When Debussy wrote his wistful little Piano Prelude "Bruyères" he had in mind a vision of the Scottish heathlands. Percy Grainger's arrangement is primarily for woodwinds, so it thus evokes the sound of bagpipes. This performance comes from an all-Debussy CD that features "La Mer," the "Children's Corner" Suite and Stokowski's stunning orchestration of "The Engulfed Cathedral." Geoffrey Simon conducts the Philharmonia on Cala CACD1024.


----------



## Aggelos

*
Bach-Stokowski - Passacaglia & Fugue in C minor - Matthias Bamert conducts*




Matthias Bamert was for several years Stokowski's Assistant Conductor at the American Symphony Orchestra. In tribute to the great maestro, he recorded half-a-dozen CDs of Stokowski Transcriptions and also performed many of them in concert. Here is his splendid account of a great Bach arrangement, recorded during the 1996 Proms with the BBC Symphony at London's Royal Albert Hall. His CDs of Stokowski Transcriptions can be found on the 'Chandos' label. The Bach CD referred to by the announcer at the start also features the Passacaglia and Fugue, played by the BBC Philharmonic, on CHAN 9259.

*
Ippolitov-Ivanov "In a Manger" - Leopold Stokowski arranger / conductor*




This music derives from a traditional Russian carol that was arranged for unaccompanied voices by Mikhail Ippolitov-Ivanov under the title "In a Manger." Leopold Stokowski transcribed and published it for brass and strings as "Traditional Slavic Christmas Music." He recorded it twice and here is his second recording, dating from 1947 and played by a specially selected band of New York musicians. This track is one of several colourful encores on a 'Pristine Audio' release in which the main work is Stokowski's splendid 1953 recording of Tchaikovsky's 5th Symphony. (PASC188).

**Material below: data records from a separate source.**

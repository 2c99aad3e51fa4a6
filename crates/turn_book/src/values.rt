//! The values of the shards, moved into slots and out again.
ghost use Rattle.std.specs.Prelude.{◌≡◌, ℕ, ◌+◌, ◌*◌, ◌<◌, ◌≤◌, false, List, [], All, length, map, Some, None, IsSome, IfOk, vec_len, vec_capacity, slice_index_or};
ghost use Rattle.std.specs.Mem.Slots.{slots_items, slots_filled, slots_len, IsFull};
ghost use Rattle.issuer_base.specs.declared.limits.TheConstants.{MAX_SHARDS};
ghost use Rattle.turn_book.specs.Opening.{AreOpeningWords};

use crate::layout::{SHARD_WORDS, count_word};
use crate::opening::{Opening, OpeningLogs, opening_key};
use atomic_table::Closed;
use crossbeam_utils::CachePadded;
use issuer_base::MAX_SHARDS;
use std::alloc::{AllocError, Global};
use std::sync::atomic::AtomicU64;

/// How many callers sleep for a shard's turn or are about to, in a cache line of its own.
pub(crate) type Sleepers = CachePadded<AtomicU64>;

/// An empty list with room for the value of each shard.
pub(crate) struct Spare<V> {
    list: Vec<V>,
    ghost empty: { vec_len list ≡ 0 },
    ghost room: { MAX_SHARDS ≤ vec_capacity list },
}

impl<V> Spare<V> {
    pub(crate) fn new(list: Vec<V>) -> Spare<V>
        requires { (vec_len list ≡ 0) × (MAX_SHARDS ≤ vec_capacity list) }
    {
        Spare { list }
    }

    pub(crate) fn into_list(self) -> Vec<V>
        ensures { (result.items ≡ []) × (MAX_SHARDS ≤ vec_capacity result) }
    {
        let Spare { list } = self;
        list
    }
}

/// The initial words of a table: each log has its count of items, and each turn is free.
pub(crate) fn opening_words(alloc: Global, counts: &[u64]) -> Result<Vec<u64>, AllocError>
    requires { length counts.now ≤ MAX_SHARDS }
    ensures { IfOk result (λ words. AreOpeningWords counts.now words.items) }
{
    let mut words = vec![in alloc; 0; SHARD_WORDS * counts.len()]?;
    for (shard, &count) in counts.iter().enumerate() {
        words[count_word(shard as u8)] = count;
    }
    Ok(words)
}

/// Moves the values into slots, in order.
pub(crate) fn fill_slots<V>(values: &mut Vec<V>, slots: &mut Vec<Option<V>>)
    requires empty { slots.old.items ≡ [] }
    requires room { vec_len values.old ≤ vec_capacity slots.old }
    ensures values { (values.new.items ≡ []) × (vec_capacity values.new ≡ vec_capacity values.old) }
    ensures slots { slots.new.items ≡ map Some values.old.items }
{
    while let Some(value) = values.pop() {
        slots.push_reserved(Some(value));
    }
    slots.reverse();
}

/// Moves the values out of full slots, in order.
pub(crate) fn empty_slots<V>(mut slots: Vec<Option<V>>, values: &mut Vec<V>)
    requires full { All IsSome slots.items }
    requires empty { values.old.items ≡ [] }
    requires room { vec_len slots ≤ vec_capacity values.old }
    ensures { map Some values.new.items ≡ slots.items }
{
    while let Some(slot) = slots.pop() {
        values.push_reserved(slot.unwrap());
    }
    slots.destroy_empty();
    values.reverse();
}

/// Takes the values of a closed table, in order.
pub(crate) fn take_values<V>(closed: &mut Closed<Option<V>, Global>, values: &mut Vec<V>)
    requires full { IsFull closed.old.slots × All IsSome (slots_items closed.old.slots) }
    requires empty { values.old.items ≡ [] }
    requires room { slots_len closed.old.slots ≤ vec_capacity values.old }
    ensures values { map Some values.new.items ≡ slots_items closed.old.slots }
    ensures taken { (k : ℕ) → k < slots_len closed.new.slots
        → slice_index_or (slots_filled closed.new.slots) k false ≡ false }
{
    for shard in 0..closed.slot_count() {
        values.push_reserved(closed.take(shard).unwrap());
    }
}

/// The parts of a table before it exists: its words, its key, and room for its slots.
pub(crate) struct Ground<V, I, B> {
    pub(crate) words: Vec<u64>,
    pub(crate) key: Opening<I, B>,
    pub(crate) slots: Vec<Option<V>>,
    pub(crate) sleepers: Vec<Sleepers>,
}

/// No sleepers, at each of so many shards.
fn no_sleepers(alloc: Global, count: usize) -> Result<Vec<Sleepers>, AllocError>
    ensures { IfOk result (λ sleepers. vec_len sleepers ≡ count) }
{
    let mut sleepers = Vec::with_capacity(alloc, count)?;
    for _ in 0..count {
        sleepers.push_reserved(CachePadded::new(AtomicU64::new(0)));
    }
    Ok(sleepers)
}

/// Allocates the parts of a table for the values, and reserves room for `MAX_SHARDS` values in their list.
pub(crate) fn take_ground<V, J: OpeningLogs<I, B>, I, B>(
    alloc: Global,
    values: &mut Vec<V>,
    counts: &[u64],
) -> Result<Ground<V, I, B>, AllocError>
    requires { (vec_len values.old ≤ MAX_SHARDS) × (length counts.now ≡ vec_len values.old) }
    ensures values { values.new.items ≡ values.old.items }
    ensures words { IfOk result (λ ground. AreOpeningWords counts.now ground.words.items) }
    ensures key { IfOk result (λ ground. ground.key.view ≡ J.opening) }
    ensures slots { IfOk result (λ ground. (ground.slots.items ≡ []) × (vec_len values.new ≤ vec_capacity ground.slots)
        × (MAX_SHARDS ≤ vec_capacity values.new)) }
    ensures sleepers { IfOk result (λ ground. vec_len ground.sleepers ≡ vec_len values.old) }
{
    let count = values.len();
    values.reserve(MAX_SHARDS as usize - count)?;
    let words = opening_words(alloc, counts)?;
    let key = opening_key::<J, I, B>(alloc)?;
    let sleepers = no_sleepers(alloc, count)?;
    let slots = Vec::with_capacity(alloc, count)?;
    Ok(Ground {
        words,
        key,
        slots,
        sleepers,
    })
}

*Bach: Toccata and Fugue in D minor - Stanislaw Skrowaczewski arranger / conductor*




This is a belated tribute to Stanislaw Skrowaczewski, who died earlier this year (21 February 2017) at the age of 93. The most famous orchestration of Bach's Toccata and Fugue in D minor for organ was made by Leopold Stokowski but a number of other musicians have also made orchestral transcriptions. Skrowaczewski's is among the most lavish and colourful and dates from the early 1960s. The performance heard here comes from a 1974 broadcast with the Minnesota Orchestra, of which he was then Music Director, and a splendid performance it is too!

*Bach-Stokowski: Toccata & Fugue in D minor - Comissiona / Asian Youth Orchestra*




Published on 13 September 2017 to mark the 40th Anniversary of Stokowski's death on 13 September 1977. This famous orchestral transcription of a celebrated Bach organ piece was played in a concert that marked the 10th Anniversary in 1999 of the Asian Youth Orchestra. Its players are made up of young musicians from many Asian countries and are heard here under their conductor laureate Sergiu Comissiona.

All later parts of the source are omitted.